▸ WHAT YOU HAVE TO DO
Of the records that follow, copy only the lines from the line containing "Result<(Found, Self), OpenFault>" to the line containing "OpenCause (F.faults files.old)", both included, exactly as written.

▸ EXTRACTED MATERIAL
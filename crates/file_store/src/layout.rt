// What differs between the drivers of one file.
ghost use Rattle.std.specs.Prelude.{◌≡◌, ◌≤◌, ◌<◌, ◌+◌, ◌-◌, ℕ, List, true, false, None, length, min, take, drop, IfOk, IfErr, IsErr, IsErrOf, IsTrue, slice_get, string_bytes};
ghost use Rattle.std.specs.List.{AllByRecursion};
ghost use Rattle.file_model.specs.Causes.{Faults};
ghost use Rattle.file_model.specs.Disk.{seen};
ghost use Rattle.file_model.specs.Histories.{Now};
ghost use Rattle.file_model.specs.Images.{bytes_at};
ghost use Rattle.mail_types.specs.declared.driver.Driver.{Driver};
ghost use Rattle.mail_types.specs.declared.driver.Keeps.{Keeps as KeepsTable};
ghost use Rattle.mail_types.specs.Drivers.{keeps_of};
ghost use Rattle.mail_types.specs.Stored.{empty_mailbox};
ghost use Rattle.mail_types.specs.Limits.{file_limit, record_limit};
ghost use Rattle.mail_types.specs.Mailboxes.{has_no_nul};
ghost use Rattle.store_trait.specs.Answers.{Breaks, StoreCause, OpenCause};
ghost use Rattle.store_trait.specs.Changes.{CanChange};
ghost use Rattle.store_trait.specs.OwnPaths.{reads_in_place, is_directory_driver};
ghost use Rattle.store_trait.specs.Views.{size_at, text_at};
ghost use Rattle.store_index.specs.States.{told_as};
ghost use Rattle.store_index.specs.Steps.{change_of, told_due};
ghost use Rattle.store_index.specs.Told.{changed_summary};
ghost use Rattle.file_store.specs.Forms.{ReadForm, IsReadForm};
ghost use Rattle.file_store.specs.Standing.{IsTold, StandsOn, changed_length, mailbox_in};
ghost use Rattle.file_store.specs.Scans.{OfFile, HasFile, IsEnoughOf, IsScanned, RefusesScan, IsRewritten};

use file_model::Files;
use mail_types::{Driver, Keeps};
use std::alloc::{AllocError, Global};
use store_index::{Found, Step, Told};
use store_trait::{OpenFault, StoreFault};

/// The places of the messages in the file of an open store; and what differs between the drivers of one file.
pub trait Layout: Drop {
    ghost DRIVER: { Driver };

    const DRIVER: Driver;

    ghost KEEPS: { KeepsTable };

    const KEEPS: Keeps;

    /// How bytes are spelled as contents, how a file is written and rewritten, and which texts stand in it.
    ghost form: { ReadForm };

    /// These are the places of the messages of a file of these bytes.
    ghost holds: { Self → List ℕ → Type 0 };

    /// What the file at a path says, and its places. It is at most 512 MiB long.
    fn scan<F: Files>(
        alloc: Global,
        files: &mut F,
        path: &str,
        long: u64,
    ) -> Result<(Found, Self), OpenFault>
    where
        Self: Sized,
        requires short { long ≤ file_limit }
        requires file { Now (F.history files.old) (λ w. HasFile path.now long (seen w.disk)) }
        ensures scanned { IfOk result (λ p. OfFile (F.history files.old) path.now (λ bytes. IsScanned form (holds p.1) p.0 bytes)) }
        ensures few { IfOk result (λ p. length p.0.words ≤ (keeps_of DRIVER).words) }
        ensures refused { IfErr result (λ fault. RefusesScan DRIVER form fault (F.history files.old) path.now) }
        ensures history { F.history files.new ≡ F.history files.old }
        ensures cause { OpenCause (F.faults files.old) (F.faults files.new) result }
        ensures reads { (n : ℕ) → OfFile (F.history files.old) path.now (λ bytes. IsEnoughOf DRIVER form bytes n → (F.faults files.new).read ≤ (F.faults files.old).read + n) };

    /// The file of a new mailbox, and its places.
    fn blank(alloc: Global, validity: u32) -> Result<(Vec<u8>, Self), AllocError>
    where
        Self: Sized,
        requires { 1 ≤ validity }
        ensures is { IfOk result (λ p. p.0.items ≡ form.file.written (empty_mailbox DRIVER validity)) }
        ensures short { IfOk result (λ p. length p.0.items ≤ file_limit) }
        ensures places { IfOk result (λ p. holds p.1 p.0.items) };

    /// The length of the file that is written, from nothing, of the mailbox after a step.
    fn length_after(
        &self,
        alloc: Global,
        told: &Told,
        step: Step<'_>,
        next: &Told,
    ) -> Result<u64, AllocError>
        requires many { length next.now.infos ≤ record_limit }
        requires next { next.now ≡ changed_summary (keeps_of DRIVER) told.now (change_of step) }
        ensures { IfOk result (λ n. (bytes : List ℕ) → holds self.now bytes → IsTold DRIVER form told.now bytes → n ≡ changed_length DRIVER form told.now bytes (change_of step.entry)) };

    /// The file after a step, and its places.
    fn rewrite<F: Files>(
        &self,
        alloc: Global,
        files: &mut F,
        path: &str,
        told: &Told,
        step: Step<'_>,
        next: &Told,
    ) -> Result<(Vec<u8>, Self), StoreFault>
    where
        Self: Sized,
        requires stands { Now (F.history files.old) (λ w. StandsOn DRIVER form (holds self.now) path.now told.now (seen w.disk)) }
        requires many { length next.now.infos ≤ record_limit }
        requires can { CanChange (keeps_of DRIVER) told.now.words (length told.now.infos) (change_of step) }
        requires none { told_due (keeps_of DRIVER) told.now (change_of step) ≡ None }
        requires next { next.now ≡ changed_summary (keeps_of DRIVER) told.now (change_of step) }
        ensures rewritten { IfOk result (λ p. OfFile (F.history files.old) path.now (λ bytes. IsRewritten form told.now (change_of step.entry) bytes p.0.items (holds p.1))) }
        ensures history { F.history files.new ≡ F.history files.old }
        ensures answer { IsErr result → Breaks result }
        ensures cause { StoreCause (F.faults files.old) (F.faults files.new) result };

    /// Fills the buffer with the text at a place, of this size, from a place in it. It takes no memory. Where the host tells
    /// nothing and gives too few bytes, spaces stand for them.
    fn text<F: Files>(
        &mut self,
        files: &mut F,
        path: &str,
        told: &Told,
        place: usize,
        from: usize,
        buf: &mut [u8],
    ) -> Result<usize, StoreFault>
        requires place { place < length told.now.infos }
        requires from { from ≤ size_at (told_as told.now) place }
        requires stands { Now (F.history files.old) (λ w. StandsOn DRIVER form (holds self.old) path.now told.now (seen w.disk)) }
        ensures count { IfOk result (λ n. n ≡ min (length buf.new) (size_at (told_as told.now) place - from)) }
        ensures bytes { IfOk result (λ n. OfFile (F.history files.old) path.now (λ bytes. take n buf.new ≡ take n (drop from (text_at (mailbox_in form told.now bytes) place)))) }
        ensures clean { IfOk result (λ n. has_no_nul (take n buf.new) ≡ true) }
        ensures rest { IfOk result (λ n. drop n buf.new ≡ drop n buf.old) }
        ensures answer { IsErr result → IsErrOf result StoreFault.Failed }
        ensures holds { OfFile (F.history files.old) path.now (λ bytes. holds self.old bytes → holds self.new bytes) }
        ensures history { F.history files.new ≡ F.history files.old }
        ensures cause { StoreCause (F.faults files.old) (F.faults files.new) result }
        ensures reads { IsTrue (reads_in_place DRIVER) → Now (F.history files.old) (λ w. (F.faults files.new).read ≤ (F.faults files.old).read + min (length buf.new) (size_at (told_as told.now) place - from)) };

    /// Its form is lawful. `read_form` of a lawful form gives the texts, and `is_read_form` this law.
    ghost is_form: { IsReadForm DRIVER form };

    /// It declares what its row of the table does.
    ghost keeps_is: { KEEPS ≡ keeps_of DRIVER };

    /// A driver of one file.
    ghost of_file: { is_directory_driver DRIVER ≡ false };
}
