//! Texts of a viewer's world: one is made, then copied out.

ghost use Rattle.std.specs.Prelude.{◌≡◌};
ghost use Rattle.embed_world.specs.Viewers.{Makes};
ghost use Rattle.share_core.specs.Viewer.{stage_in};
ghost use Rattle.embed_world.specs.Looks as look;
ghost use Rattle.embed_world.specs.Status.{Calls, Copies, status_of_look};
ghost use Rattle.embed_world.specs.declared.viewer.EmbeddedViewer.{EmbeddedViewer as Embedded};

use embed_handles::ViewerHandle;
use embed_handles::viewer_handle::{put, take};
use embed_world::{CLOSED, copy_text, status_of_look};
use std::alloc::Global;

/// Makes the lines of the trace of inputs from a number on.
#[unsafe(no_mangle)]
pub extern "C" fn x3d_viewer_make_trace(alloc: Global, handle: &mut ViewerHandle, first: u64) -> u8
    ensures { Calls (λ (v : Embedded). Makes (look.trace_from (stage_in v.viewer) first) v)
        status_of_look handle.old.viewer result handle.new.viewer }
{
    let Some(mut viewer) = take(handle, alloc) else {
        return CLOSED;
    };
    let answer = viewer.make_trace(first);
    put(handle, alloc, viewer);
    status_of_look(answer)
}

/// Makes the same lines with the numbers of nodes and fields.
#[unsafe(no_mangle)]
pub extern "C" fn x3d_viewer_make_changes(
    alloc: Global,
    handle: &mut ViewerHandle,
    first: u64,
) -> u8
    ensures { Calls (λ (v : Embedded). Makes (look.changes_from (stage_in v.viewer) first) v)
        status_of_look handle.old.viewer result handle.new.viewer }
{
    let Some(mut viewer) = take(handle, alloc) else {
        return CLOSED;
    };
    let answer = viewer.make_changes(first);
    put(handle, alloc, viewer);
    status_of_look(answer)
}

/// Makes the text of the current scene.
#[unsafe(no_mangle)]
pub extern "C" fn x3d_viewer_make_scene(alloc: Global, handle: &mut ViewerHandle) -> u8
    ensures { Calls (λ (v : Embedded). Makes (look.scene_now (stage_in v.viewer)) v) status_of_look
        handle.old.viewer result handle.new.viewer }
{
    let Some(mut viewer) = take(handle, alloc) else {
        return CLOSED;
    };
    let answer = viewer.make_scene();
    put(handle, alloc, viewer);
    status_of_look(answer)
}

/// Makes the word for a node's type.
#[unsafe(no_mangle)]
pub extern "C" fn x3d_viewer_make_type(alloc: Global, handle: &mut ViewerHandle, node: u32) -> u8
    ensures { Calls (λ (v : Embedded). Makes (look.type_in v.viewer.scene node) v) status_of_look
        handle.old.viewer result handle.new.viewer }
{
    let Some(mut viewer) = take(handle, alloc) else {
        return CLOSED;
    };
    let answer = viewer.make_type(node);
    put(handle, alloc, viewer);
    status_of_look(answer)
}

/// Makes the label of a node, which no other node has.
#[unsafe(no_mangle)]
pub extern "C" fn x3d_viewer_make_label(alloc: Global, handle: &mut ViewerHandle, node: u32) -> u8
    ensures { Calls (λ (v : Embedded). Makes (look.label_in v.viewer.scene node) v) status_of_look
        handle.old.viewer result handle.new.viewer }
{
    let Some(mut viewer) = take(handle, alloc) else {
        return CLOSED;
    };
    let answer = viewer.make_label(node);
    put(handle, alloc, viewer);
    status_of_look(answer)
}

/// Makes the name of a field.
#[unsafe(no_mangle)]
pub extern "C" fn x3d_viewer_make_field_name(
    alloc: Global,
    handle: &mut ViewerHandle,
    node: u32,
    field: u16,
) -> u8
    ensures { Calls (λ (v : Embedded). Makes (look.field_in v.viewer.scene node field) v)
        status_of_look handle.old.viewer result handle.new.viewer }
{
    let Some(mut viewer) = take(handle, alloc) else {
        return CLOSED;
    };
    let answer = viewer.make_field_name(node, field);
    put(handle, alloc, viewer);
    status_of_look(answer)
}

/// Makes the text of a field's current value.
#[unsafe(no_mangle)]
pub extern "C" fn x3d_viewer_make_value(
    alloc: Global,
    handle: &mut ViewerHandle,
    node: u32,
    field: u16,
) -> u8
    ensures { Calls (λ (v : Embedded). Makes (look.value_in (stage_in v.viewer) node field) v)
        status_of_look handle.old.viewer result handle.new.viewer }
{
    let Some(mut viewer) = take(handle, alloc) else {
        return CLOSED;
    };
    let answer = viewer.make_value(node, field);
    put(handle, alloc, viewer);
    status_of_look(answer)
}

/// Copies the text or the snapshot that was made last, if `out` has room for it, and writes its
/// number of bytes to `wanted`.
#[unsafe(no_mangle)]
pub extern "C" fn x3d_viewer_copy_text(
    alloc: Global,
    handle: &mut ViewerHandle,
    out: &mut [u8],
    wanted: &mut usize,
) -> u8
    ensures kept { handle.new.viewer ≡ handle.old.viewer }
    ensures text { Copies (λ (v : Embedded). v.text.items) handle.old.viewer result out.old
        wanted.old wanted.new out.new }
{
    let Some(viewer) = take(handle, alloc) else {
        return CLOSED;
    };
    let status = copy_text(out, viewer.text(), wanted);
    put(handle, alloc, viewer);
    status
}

▸ EXERCISE RESPONSE
    ) -> Result<(Found, Self), OpenFault>
    where
        Self: Sized,
        requires short { long ≤ file_limit }
        requires file { Now (F.history files.old) (λ w. HasFile path.now long (seen w.disk)) }
        ensures scanned { IfOk result (λ p. OfFile (F.history files.old) path.now (λ bytes. IsScanned form (holds p.1) p.0 bytes)) }
        ensures few { IfOk result (λ p. length p.0.words ≤ (keeps_of DRIVER).words) }
        ensures refused { IfErr result (λ fault. RefusesScan DRIVER form fault (F.history files.old) path.now) }
        ensures history { F.history files.new ≡ F.history files.old }
        ensures cause { OpenCause (F.faults files.old) (F.faults files.new) result }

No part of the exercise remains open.